**Required action**: Please print all of the entries, matching them exactly.

**Source records**:
--- START ---

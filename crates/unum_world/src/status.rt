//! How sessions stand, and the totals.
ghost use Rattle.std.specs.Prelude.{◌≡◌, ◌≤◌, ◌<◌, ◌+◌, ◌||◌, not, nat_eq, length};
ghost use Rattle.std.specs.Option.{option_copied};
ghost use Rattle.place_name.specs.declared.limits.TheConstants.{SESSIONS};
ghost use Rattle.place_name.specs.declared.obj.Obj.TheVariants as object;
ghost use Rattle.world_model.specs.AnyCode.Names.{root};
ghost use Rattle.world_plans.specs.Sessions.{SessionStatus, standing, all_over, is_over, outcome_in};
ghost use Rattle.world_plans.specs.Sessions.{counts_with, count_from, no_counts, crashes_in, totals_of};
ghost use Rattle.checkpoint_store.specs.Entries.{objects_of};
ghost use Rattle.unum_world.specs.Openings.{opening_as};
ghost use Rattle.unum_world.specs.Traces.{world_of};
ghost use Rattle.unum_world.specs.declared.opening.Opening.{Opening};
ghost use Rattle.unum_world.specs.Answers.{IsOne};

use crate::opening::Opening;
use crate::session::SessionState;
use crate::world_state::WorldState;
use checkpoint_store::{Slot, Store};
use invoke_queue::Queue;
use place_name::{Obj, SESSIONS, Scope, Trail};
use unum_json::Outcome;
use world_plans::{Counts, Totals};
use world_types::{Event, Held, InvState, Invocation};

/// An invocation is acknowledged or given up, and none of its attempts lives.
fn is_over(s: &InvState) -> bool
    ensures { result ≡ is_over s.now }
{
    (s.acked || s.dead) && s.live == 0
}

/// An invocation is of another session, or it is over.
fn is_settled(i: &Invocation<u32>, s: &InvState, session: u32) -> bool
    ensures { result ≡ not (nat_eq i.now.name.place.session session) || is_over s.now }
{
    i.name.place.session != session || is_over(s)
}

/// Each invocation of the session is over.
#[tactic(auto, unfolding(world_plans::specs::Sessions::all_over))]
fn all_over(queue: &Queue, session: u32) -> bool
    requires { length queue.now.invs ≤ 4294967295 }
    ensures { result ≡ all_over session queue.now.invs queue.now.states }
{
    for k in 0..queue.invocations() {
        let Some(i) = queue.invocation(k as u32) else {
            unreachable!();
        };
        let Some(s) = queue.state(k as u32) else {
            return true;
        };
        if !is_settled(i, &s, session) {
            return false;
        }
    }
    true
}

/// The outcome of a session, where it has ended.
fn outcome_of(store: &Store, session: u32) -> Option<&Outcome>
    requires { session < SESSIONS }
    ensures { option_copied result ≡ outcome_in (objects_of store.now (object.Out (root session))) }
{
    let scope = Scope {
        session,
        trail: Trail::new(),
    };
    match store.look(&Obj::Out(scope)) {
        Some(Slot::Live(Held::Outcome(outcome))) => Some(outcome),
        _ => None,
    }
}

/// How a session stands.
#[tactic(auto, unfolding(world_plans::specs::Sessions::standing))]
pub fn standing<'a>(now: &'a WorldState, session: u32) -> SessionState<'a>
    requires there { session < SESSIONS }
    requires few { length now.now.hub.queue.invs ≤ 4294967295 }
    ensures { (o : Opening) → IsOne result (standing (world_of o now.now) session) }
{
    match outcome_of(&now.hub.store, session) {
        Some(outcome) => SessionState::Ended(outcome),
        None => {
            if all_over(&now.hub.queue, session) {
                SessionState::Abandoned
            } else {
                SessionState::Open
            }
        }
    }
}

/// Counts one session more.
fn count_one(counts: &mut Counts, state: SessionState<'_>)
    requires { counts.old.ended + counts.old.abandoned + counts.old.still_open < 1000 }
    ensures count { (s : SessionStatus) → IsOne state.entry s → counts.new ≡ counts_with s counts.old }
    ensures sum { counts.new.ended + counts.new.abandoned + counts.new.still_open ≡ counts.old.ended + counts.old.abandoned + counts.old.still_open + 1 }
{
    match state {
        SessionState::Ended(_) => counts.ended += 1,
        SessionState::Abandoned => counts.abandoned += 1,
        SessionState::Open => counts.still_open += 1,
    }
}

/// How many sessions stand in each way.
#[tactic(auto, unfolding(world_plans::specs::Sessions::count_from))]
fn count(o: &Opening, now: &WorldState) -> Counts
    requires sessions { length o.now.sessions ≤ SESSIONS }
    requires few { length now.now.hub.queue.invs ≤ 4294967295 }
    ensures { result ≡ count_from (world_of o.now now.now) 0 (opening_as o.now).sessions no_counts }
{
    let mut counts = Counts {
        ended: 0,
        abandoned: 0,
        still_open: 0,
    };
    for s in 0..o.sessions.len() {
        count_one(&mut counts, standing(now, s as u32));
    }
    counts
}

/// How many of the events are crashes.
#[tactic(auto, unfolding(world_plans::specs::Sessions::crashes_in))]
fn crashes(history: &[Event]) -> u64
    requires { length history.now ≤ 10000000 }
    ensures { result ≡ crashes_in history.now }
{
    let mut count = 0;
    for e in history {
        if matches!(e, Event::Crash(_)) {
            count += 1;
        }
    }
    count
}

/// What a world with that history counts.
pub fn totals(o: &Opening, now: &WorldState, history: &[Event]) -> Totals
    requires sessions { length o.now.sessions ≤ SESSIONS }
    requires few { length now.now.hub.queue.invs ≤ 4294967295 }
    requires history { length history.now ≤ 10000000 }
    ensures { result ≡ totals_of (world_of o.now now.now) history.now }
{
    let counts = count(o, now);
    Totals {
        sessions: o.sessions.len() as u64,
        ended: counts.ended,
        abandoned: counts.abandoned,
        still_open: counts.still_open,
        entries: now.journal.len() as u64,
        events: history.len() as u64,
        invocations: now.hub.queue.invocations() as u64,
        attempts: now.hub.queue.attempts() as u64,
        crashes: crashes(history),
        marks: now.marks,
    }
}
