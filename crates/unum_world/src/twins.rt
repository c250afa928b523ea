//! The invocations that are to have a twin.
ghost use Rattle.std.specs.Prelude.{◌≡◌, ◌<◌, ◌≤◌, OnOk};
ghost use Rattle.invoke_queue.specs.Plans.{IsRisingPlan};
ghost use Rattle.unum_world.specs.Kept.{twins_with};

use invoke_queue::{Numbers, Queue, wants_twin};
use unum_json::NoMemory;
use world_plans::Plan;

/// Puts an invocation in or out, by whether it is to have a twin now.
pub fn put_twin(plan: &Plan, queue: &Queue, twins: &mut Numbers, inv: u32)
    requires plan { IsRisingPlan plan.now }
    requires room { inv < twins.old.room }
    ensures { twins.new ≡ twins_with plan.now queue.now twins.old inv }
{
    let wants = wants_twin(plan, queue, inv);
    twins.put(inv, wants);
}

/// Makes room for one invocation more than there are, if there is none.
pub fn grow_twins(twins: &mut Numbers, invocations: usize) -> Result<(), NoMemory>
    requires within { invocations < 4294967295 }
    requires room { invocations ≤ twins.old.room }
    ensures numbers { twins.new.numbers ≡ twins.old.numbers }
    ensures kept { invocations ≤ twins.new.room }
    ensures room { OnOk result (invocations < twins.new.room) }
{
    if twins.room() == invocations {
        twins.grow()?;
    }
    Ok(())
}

--- END ---

**Exercise result**:
filename crates/unum_world/src/status.rt
//! How sessions stand, and the totals.
ghost use Rattle.std.specs.Prelude.{◌≡◌, ◌≤◌, ◌<◌, ◌+◌, ◌||◌, not, nat_eq, length};
ghost use Rattle.std.specs.Option.{option_copied};
ghost use Rattle.place_name.specs.declared.limits.TheConstants.{SESSIONS};
ghost use Rattle.place_name.specs.declared.obj.Obj.TheVariants as object;
ghost use Rattle.world_model.specs.AnyCode.Names.{root};
ghost use Rattle.world_plans.specs.Sessions.{SessionStatus, standing, all_over, is_over, outcome_in};
ghost use Rattle.world_plans.specs.Sessions.{counts_with, count_from, no_counts, crashes_in, totals_of};
ghost use Rattle.checkpoint_store.specs.Entries.{objects_of};
ghost use Rattle.unum_world.specs.Openings.{opening_as};
ghost use Rattle.unum_world.specs.Traces.{world_of};
ghost use Rattle.unum_world.specs.declared.opening.Opening.{Opening};
ghost use Rattle.unum_world.specs.Answers.{IsOne};

use crate::opening::Opening;
use crate::session::SessionState;
use crate::world_state::WorldState;
use checkpoint_store::{Slot, Store};
use invoke_queue::Queue;
use place_name::{Obj, SESSIONS, Scope, Trail};
use unum_json::Outcome;
use world_plans::{Counts, Totals};
use world_types::{Event, Held, InvState, Invocation};

/// An invocation is acknowledged or given up, and none of its attempts lives.
fn is_over(s: &InvState) -> bool
    ensures { result ≡ is_over s.now }
{
    (s.acked || s.dead) && s.live == 0
}

/// An invocation is of another session, or it is over.
fn is_settled(i: &Invocation<u32>, s: &InvState, session: u32) -> bool
    ensures { result ≡ not (nat_eq i.now.name.place.session session) || is_over s.now }
{
    i.name.place.session != session || is_over(s)
}

/// Each invocation of the session is over.
#[tactic(auto, unfolding(world_plans::specs::Sessions::all_over))]
fn all_over(queue: &Queue, session: u32) -> bool
    requires { length queue.now.invs ≤ 4294967295 }
    ensures { result ≡ all_over session queue.now.invs queue.now.states }
{
    for k in 0..queue.invocations() {
        let Some(i) = queue.invocation(k as u32) else {
            unreachable!();
        };
        let Some(s) = queue.state(k as u32) else {
            return true;
        };
        if !is_settled(i, &s, session) {
            return false;
        }
    }
    true
}

/// The outcome of a session, where it has ended.
fn outcome_of(store: &Store, session: u32) -> Option<&Outcome>
    requires { session < SESSIONS }
    ensures { option_copied result ≡ outcome_in (objects_of store.now (object.Out (root session))) }
{
    let scope = Scope {
        session,
        trail: Trail::new(),
    };
    match store.look(&Obj::Out(scope)) {
        Some(Slot::Live(Held::Outcome(outcome))) => Some(outcome),
        _ => None,
    }
}

/// How a session stands.
#[tactic(auto, unfolding(world_plans::specs::Sessions::standing))]
pub fn standing<'a>(now: &'a WorldState, session: u32) -> SessionState<'a>
    requires there { session < SESSIONS }
    requires few { length now.now.hub.queue.invs ≤ 4294967295 }
    ensures { (o : Opening) → IsOne result (standing (world_of o now.now) session) }
{
    match outcome_of(&now.hub.store, session) {
        Some(outcome) => SessionState::Ended(outcome),
        None => {
            if all_over(&now.hub.queue, session) {
                SessionState::Abandoned
            } else {
                SessionState::Open
            }
        }
    }
}

/// Counts one session more.
fn count_one(counts: &mut Counts, state: SessionState<'_>)
    requires { counts.old.ended + counts.old.abandoned + counts.old.still_open < 1000 }
    ensures count { (s : SessionStatus) → IsOne state.entry s → counts.new ≡ counts_with s counts.old }
    ensures sum { counts.new.ended + counts.new.abandoned + counts.new.still_open ≡ counts.old.ended + counts.old.abandoned + counts.old.still_open + 1 }
{
    match state {
        SessionState::Ended(_) => counts.ended += 1,
        SessionState::Abandoned => counts.abandoned += 1,
        SessionState::Open => counts.still_open += 1,
    }
}

/// How many sessions stand in each way.
#[tactic(auto, unfolding(world_plans::specs::Sessions::count_from))]
fn count(o: &Opening, now: &WorldState) -> Counts
    requires sessions { length o.now.sessions ≤ SESSIONS }
    requires few { length now.now.hub.queue.invs ≤ 4294967295 }
    ensures { result ≡ count_from (world_of o.now now.now) 0 (opening_as o.now).sessions no_counts }
{
    let mut counts = Counts {
        ended: 0,
        abandoned: 0,
        still_open: 0,
    };
    for s in 0..o.sessions.len() {
        count_one(&mut counts, standing(now, s as u32));
    }
    counts
}

/// How many of the events are crashes.
#[tactic(auto, unfolding(world_plans::specs::Sessions::crashes_in))]
fn crashes(history: &[Event]) -> u64
    requires { length history.now ≤ 10000000 }
    ensures { result ≡ crashes_in history.now }
{
    let mut count = 0;
    for e in history {
        if matches!(e, Event::Crash(_)) {
            count += 1;
        }
    }
    count
}

/// What a world with that history counts.
pub fn totals(o: &Opening, now: &WorldState, history: &[Event]) -> Totals
    requires sessions { length o.now.sessions ≤ SESSIONS }
    requires few { length now.now.hub.queue.invs ≤ 4294967295 }
    requires history { length history.now ≤ 10000000 }
    ensures { result ≡ totals_of (world_of o.now now.now) history.now }
{
    let counts = count(o, now);
    Totals {
        sessions: o.sessions.len() as u64,
        ended: counts.ended,
        abandoned: counts.abandoned,
        still_open: counts.still_open,
        entries: now.journal.len() as u64,
        events: history.len() as u64,
        invocations: now.hub.queue.invocations() as u64,
        attempts: now.hub.queue.attempts() as u64,
        crashes: crashes(history),
        marks: now.marks,
    }
}
filename crates/unum_world/src/twins.rt
repository c250afa928b523ea
//! The invocations that are to have a twin.
ghost use Rattle.std.specs.Prelude.{◌≡◌, ◌<◌, ◌≤◌, OnOk};
ghost use Rattle.invoke_queue.specs.Plans.{IsRisingPlan};
ghost use Rattle.unum_world.specs.Kept.{twins_with};

use invoke_queue::{Numbers, Queue, wants_twin};
use unum_json::NoMemory;
use world_plans::Plan;

/// Puts an invocation in or out, by whether it is to have a twin now.
pub fn put_twin(plan: &Plan, queue: &Queue, twins: &mut Numbers, inv: u32)
    requires plan { IsRisingPlan plan.now }
    requires room { inv < twins.old.room }
    ensures { twins.new ≡ twins_with plan.now queue.now twins.old inv }
{
    let wants = wants_twin(plan, queue, inv);
    twins.put(inv, wants);
}

/// Makes room for one invocation more than there are, if there is none.
pub fn grow_twins(twins: &mut Numbers, invocations: usize) -> Result<(), NoMemory>
    requires within { invocations < 4294967295 }
    requires room { invocations ≤ twins.old.room }
    ensures numbers { twins.new.numbers ≡ twins.old.numbers }
    ensures kept { invocations ≤ twins.new.room }
    ensures room { OnOk result (invocations < twins.new.room) }
{
    if twins.room() == invocations {
        twins.grow()?;
    }
    Ok(())
}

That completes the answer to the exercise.